Compressive Acquisition
In compressive hyperspectral imaging, the acquisition and the data compression are implemented simultaneously by computing a number of projections, termed measurements, of the original data onto a set of predesigned vectors. Assuming that the original data admits a sparse representation on a given basis or frame, it can be recovered from the projections by solving a suitable optimization problem. Compressive hyperspectral imaging is of paramount importance in spaceborne systems, due to the extremely large volumes of data collected by the imaging spectrometers onboard satellites, and the low bandwidth of the connections between them and the ground stations.

The success of compressive hyperspectral imaging stems from the very high spectral and spatial correlation of this type of data, meaning that it is compressible, i.e., it admits a representation on a given frame on which most of the coefficients are small and, thus, it is well approximated by sparse representations. Due to the huge number of optimization variables involved in a typical compressive hyperspectral imaging problem (values between 10^8 and 10^10 are usual), the solutions of these optimization problems are very demanding from the computational point of view. To make the problem even more challenging, the sparse representations are not known beforehand and have to be learned from the measurements.

The third hour of the tutorial is devoted to compressive hyperspectral imaging and is organized as follows:
1) The compressive hyperspectral imaging problem
2) Measurement strategies
3) Sparse representations of hyperspectral images
4) The inference of the original image
5) Recovery guaranties
6) Examples with real and simulated data"

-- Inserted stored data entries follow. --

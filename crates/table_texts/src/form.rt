//! Lines that are filled in: what the lines of a format share is written once, with blanks in place of what columns tell.

ghost use Rattle.std.specs.Prelude.{◌≡◌, ◌≤◌, ◌+◌, ◌++◌, true, All, IfOk, OnOk, drop, flat_map, length, take};
ghost use Rattle.table_texts.specs.Squeue.{blank, is_fixed, piece_text, told};

use crate::field::push_field;
use crate::told::put_told;
use reply_data::view::JobRow;
use request_data::query::Piece;
use small_texts::memory_error::Memory;
use std::alloc::Global;

/// The pieces of a line.
#[derive(Drop)]
pub struct Form<'a> {
    /// Those before the first column that has no width.
    pub fixed: &'a [Piece],
    /// The same with blanks in place of what columns tell.
    pub blank: Vec<u8>,
    /// The first column that has no width, and what follows it.
    pub rest: &'a [Piece],
}

// Whether the piece takes as many bytes in each line.
fn is_fixed(piece: &Piece) -> bool
    ensures { result ≡ is_fixed piece.now }
{
    !matches!(piece, Piece::Column { width: None, .. })
}

// How many pieces stand before the first column that has no width.
fn count_fixed(pieces: &[Piece]) -> usize
    ensures within { result ≤ length pieces.now }
    ensures fixed { All (λ piece. is_fixed piece ≡ true) (take result pieces.now) }
{
    let mut count = 0;
    for piece in pieces {
        if !is_fixed(piece) {
            return count;
        }
        count += 1;
    }
    count
}

fn push_blank(out: &mut Vec<u8>, piece: Piece) -> Result<(), Memory>
    ensures { OnOk result (out.new.items ≡ out.old.items ++ blank piece) }
{
    match piece {
        Piece::Plain(byte) => out.push(byte)?,
        Piece::Column { width: None, .. } => (),
        Piece::Column {
            width: Some(width),
            dot,
            ..
        } => push_field(out, width.get() as usize, dot, b"")?,
    }
    Ok(())
}

fn blank_line(alloc: Global, pieces: &[Piece]) -> Result<Vec<u8>, Memory>
    ensures { IfOk result (λ line. line.items ≡ flat_map blank pieces.now) }
{
    let mut line = Vec::new(alloc);
    for piece in pieces {
        push_blank(&mut line, *piece)?;
    }
    Ok(line)
}

/// The form of lines of these pieces.
pub fn form_of(alloc: Global, pieces: &[Piece]) -> Result<Form<'_>, Memory>
    ensures pieces { IfOk result (λ form. form.fixed.now ++ form.rest.now ≡ pieces.now) }
    ensures fixed { IfOk result (λ form. All (λ piece. is_fixed piece ≡ true) form.fixed.now) }
    ensures blank { IfOk result (λ form. form.blank.items ≡ flat_map blank form.fixed.now) }
{
    let (fixed, rest) = pieces.split_at(count_fixed(pieces));
    Ok(Form {
        fixed,
        blank: blank_line(alloc, fixed)?,
        rest,
    })
}

// Fills in what a piece tells that stands at a place of the line, and answers where it ends.
fn fill_piece(
    alloc: Global,
    room: &mut Vec<u8>,
    line: &mut [u8],
    at: usize,
    piece: Piece,
    row: &JobRow,
) -> Result<usize, Memory>
    requires fixed { is_fixed piece ≡ true }
    requires within { at + length (blank piece) ≤ length line.old }
    requires blank { take (length (blank piece)) (drop at line.old) ≡ blank piece }
    ensures end { IfOk result (λ end. end ≡ at + length (blank piece)) }
    ensures line { OnOk result (line.new ≡ take at line.old ++ piece_text (told row.now) piece
        ++ drop (at + length (blank piece)) line.old) }
{
    let Piece::Column {
        column,
        width: Some(width),
        dot,
    } = piece
    else {
        return Ok(at + 1);
    };
    let end = at + width.get() as usize;
    put_told(alloc, room, &mut line[at..end], dot, row, column)?;
    Ok(end)
}

/// Fills in what the columns tell of a job. `room` is for what has to be written before it is padded, so that no memory
/// is taken for each.
pub fn fill_line(
    alloc: Global,
    room: &mut Vec<u8>,
    line: &mut [u8],
    pieces: &[Piece],
    row: &JobRow,
) -> Result<(), Memory>
    requires fixed { All (λ piece. is_fixed piece ≡ true) pieces.now }
    requires blank { line.old ≡ flat_map blank pieces.now }
    ensures { OnOk result (line.new ≡ flat_map (piece_text (told row.now)) pieces.now) }
{
    let mut at = 0;
    for piece in pieces {
        at = fill_piece(alloc, room, line, at, *piece, row)?;
    }
    Ok(())
}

Jos'e Bioucas-Dias(S'87, M'95) received the EE, MSc, PhD, and ``Agregado" degrees in electrical and computer engineering from Instituto Superior T'ecnico (IST), the engineering school of the Technical University of Lisbon (TULisbon), Portugal, in 1985, 1991, 1995, and 2007, respectively. Since 1995, he has been with the Department of Electrical and Computer Engineering, IST, where he was an Assistant Professor from 1995 to 2007 and an Associate Professor since 2007. Since 1993, he is also a Senior Researcher with the Pattern and Image Analysis group of the Instituto de Telecomunicaoes, which is a private non-profit research institution. His research interests include inverse problems, signal and image processing, pattern recognition, optimization, and remote sensing. Dr. Bioucas-Dias has authored or co-authored more than 250 scientific publications including more than 70 journal papers (48 of which published in IEEE journals) and 180 peer-reviewed international conference papers and book chapters. Dr. Bioucas-Dias was an Associate Editor for the IEEE TCS (1997-2000) and he is an Associate Editor for the IEEE Transactions on IP and IEEE TGRS. He was a Guest Editor of IEEE TGRS for the Special Issue on Spectral Unmixing of Remotely Sensed Data, of IEEE JSTARS for the Special Issue on Hyperspectral Image and Signal Processing, of IEEE SPM for the Special Issue on Signal and Image Processing in Hyperspectral Remote Sensing, of IEEE STSP for the Advances in Hyperspectral Data Processing and Analysis, and of the IEEE GRSM for the Special Issue on Advances in Machine Learning for Remote Sensing and Geosciences. He was the General Co-Chair of the 3rd IEEE GRSS Workshop on Hyperspectral Image and Signal Processing, Evolution in Remote sensing (WHISPERS'2011) and has been a member of program/technical committees of several international conferences.